# Your assignment
Write out all of the records, keeping each one exactly as written.

::::::

//! Keys of which something is told.

ghost use Rattle.std.specs.Prelude.{◌≡◌, ◌<◌, ◌≤◌, drop, false, length, take, true};

use crate::counts::Counts;
use crate::tracers::Tracer;
use ps_devices::{ByteReader, ByteWriter, Failed};

/// A reader above another one, whose bytes it gives one at a time: a tracer tells of each before it is given. As a
/// reader it tells what the one below does of its bytes, and counts its own calls. Where the tracer can't go on, it is
/// asked no more, and the keys are given all the same.
#[derive(Drop)]
pub struct TracedKeys<'d, R: ByteReader, W: ByteWriter, T: Tracer> {
    reader: &'d mut R,
    lines: &'d mut W,
    tracer: &'d mut T,
    counts: Counts,
    /// Whether the tracer goes on.
    tells: bool,
    ghost heard: { counts.failed ≡ false → (R.state reader.now).has_failed ≡ false },
    ghost well: { tells ≡ true → (W.state lines.now).has_failed ≡ false },
}

/// Copies the first `count` bytes of `from` to the start of `buffer`.
fn copy_front(from: &[u8], count: usize, buffer: &mut [u8])
    requires there { count ≤ length from.now }
    requires room { count ≤ length buffer.old }
    ensures front { take count buffer.new ≡ take count from.now }
    ensures rest { drop count buffer.new ≡ drop count buffer.old }
{
    buffer[..count].copy_from_slice(&from[..count]);
}

impl<'d, R: ByteReader, W: ByteWriter, T: Tracer> TracedKeys<'d, R, W, T> {
    /// The bytes of a reader, of which a tracer tells on a writer.
    pub fn new(reader: &'d mut R, lines: &'d mut W, tracer: &'d mut T) -> TracedKeys<'d, R, W, T>
        requires heard { (R.state reader.old).has_failed ≡ false }
        requires well { (W.state lines.old).has_failed ≡ false }
        ensures reader { result.reader.now ≡ reader.old }
        ensures lines { result.lines.now ≡ lines.old }
        ensures failed { result.counts.failed ≡ false }
        ensures last { result.counts.last ≡ 0 }
        ensures calls { result.counts.calls ≡ 0 }
        ensures empty_calls { result.counts.empty_calls ≡ 0 }
        ensures odd_sized_calls { result.counts.odd_sized_calls ≡ 0 }
    {
        TracedKeys {
            reader,
            lines,
            tracer,
            counts: Counts::new(),
            tells: true,
        }
    }

    /// Tells of a byte, if the tracer goes on.
    fn tell(&mut self, byte: u8)
        ensures reader { self.new.reader ≡ self.old.reader }
        ensures counts { self.new.counts ≡ self.old.counts }
    {
        if self.tells {
            self.tells = self.tracer.tell(byte, &mut *self.lines);
        }
    }
}

impl<'d, R: ByteReader, W: ByteWriter, T: Tracer> ByteReader for TracedKeys<'d, R, W, T> {
    ghost state = { λ keys. record {
      remaining = (R.state keys.reader.now).remaining;
      has_failed = keys.counts.failed;
      last = keys.counts.last;
      calls = keys.counts.calls;
      empty_calls = keys.counts.empty_calls;
      odd_sized_calls = keys.counts.odd_sized_calls;
    } };

    /// Gives the next byte, if `buffer` has room for it: one call is one of the reader below.
    fn read_some(&mut self, buffer: &mut [u8]) -> Result<usize, Failed> {
        self.counts.begin(buffer.len())?;
        let mut piece = [0u8; 1];
        let room = buffer.len().min(1);
        match self.reader.read_some(&mut piece[..room]) {
            Ok(count) => {
                self.counts.gave(count);
                copy_front(&piece, count, buffer);
                if 0 < count {
                    self.tell(piece[0]);
                }
                Ok(count)
            }
            Err(Failed) => {
                self.counts.fail();
                Err(Failed)
            }
        }
    }
}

::::::

# Your response
//! Keys of which something is told.

ghost use Rattle.std.specs.Prelude.{◌≡◌, ◌<◌, ◌≤◌, drop, false, length, take, true};

use crate::counts::Counts;
use crate::tracers::Tracer;
use ps_devices::{ByteReader, ByteWriter, Failed};

/// A reader above another one, whose bytes it gives one at a time: a tracer tells of each before it is given. As a
/// reader it tells what the one below does of its bytes, and counts its own calls. Where the tracer can't go on, it is
/// asked no more, and the keys are given all the same.
#[derive(Drop)]
pub struct TracedKeys<'d, R: ByteReader, W: ByteWriter, T: Tracer> {
    reader: &'d mut R,
    lines: &'d mut W,
    tracer: &'d mut T,
    counts: Counts,
    /// Whether the tracer goes on.
    tells: bool,
    ghost heard: { counts.failed ≡ false → (R.state reader.now).has_failed ≡ false },
    ghost well: { tells ≡ true → (W.state lines.now).has_failed ≡ false },
}

/// Copies the first `count` bytes of `from` to the start of `buffer`.
fn copy_front(from: &[u8], count: usize, buffer: &mut [u8])
    requires there { count ≤ length from.now }
    requires room { count ≤ length buffer.old }
    ensures front { take count buffer.new ≡ take count from.now }
    ensures rest { drop count buffer.new ≡ drop count buffer.old }
{
    buffer[..count].copy_from_slice(&from[..count]);
}

impl<'d, R: ByteReader, W: ByteWriter, T: Tracer> TracedKeys<'d, R, W, T> {
    /// The bytes of a reader, of which a tracer tells on a writer.
    pub fn new(reader: &'d mut R, lines: &'d mut W, tracer: &'d mut T) -> TracedKeys<'d, R, W, T>
        requires heard { (R.state reader.old).has_failed ≡ false }
        requires well { (W.state lines.old).has_failed ≡ false }
        ensures reader { result.reader.now ≡ reader.old }
        ensures lines { result.lines.now ≡ lines.old }
        ensures failed { result.counts.failed ≡ false }
        ensures last { result.counts.last ≡ 0 }
        ensures calls { result.counts.calls ≡ 0 }
        ensures empty_calls { result.counts.empty_calls ≡ 0 }
        ensures odd_sized_calls { result.counts.odd_sized_calls ≡ 0 }
    {
        TracedKeys {
            reader,
            lines,
            tracer,
            counts: Counts::new(),
            tells: true,
        }
    }

    /// Tells of a byte, if the tracer goes on.
    fn tell(&mut self, byte: u8)
        ensures reader { self.new.reader ≡ self.old.reader }
        ensures counts { self.new.counts ≡ self.old.counts }
    {
        if self.tells {
            self.tells = self.tracer.tell(byte, &mut *self.lines);
        }
    }
}

impl<'d, R: ByteReader, W: ByteWriter, T: Tracer> ByteReader for TracedKeys<'d, R, W, T> {
    ghost state = { λ keys. record {
      remaining = (R.state keys.reader.now).remaining;
      has_failed = keys.counts.failed;
      last = keys.counts.last;
      calls = keys.counts.calls;
      empty_calls = keys.counts.empty_calls;
      odd_sized_calls = keys.counts.odd_sized_calls;
    } };

    /// Gives the next byte, if `buffer` has room for it: one call is one of the reader below.
    fn read_some(&mut self, buffer: &mut [u8]) -> Result<usize, Failed> {
        self.counts.begin(buffer.len())?;
        let mut piece = [0u8; 1];
        let room = buffer.len().min(1);
        match self.reader.read_some(&mut piece[..room]) {
            Ok(count) => {
                self.counts.gave(count);
                copy_front(&piece, count, buffer);
                if 0 < count {
                    self.tell(piece[0]);
                }
                Ok(count)
            }
            Err(Failed) => {
                self.counts.fail();
                Err(Failed)
            }
        }
    }
}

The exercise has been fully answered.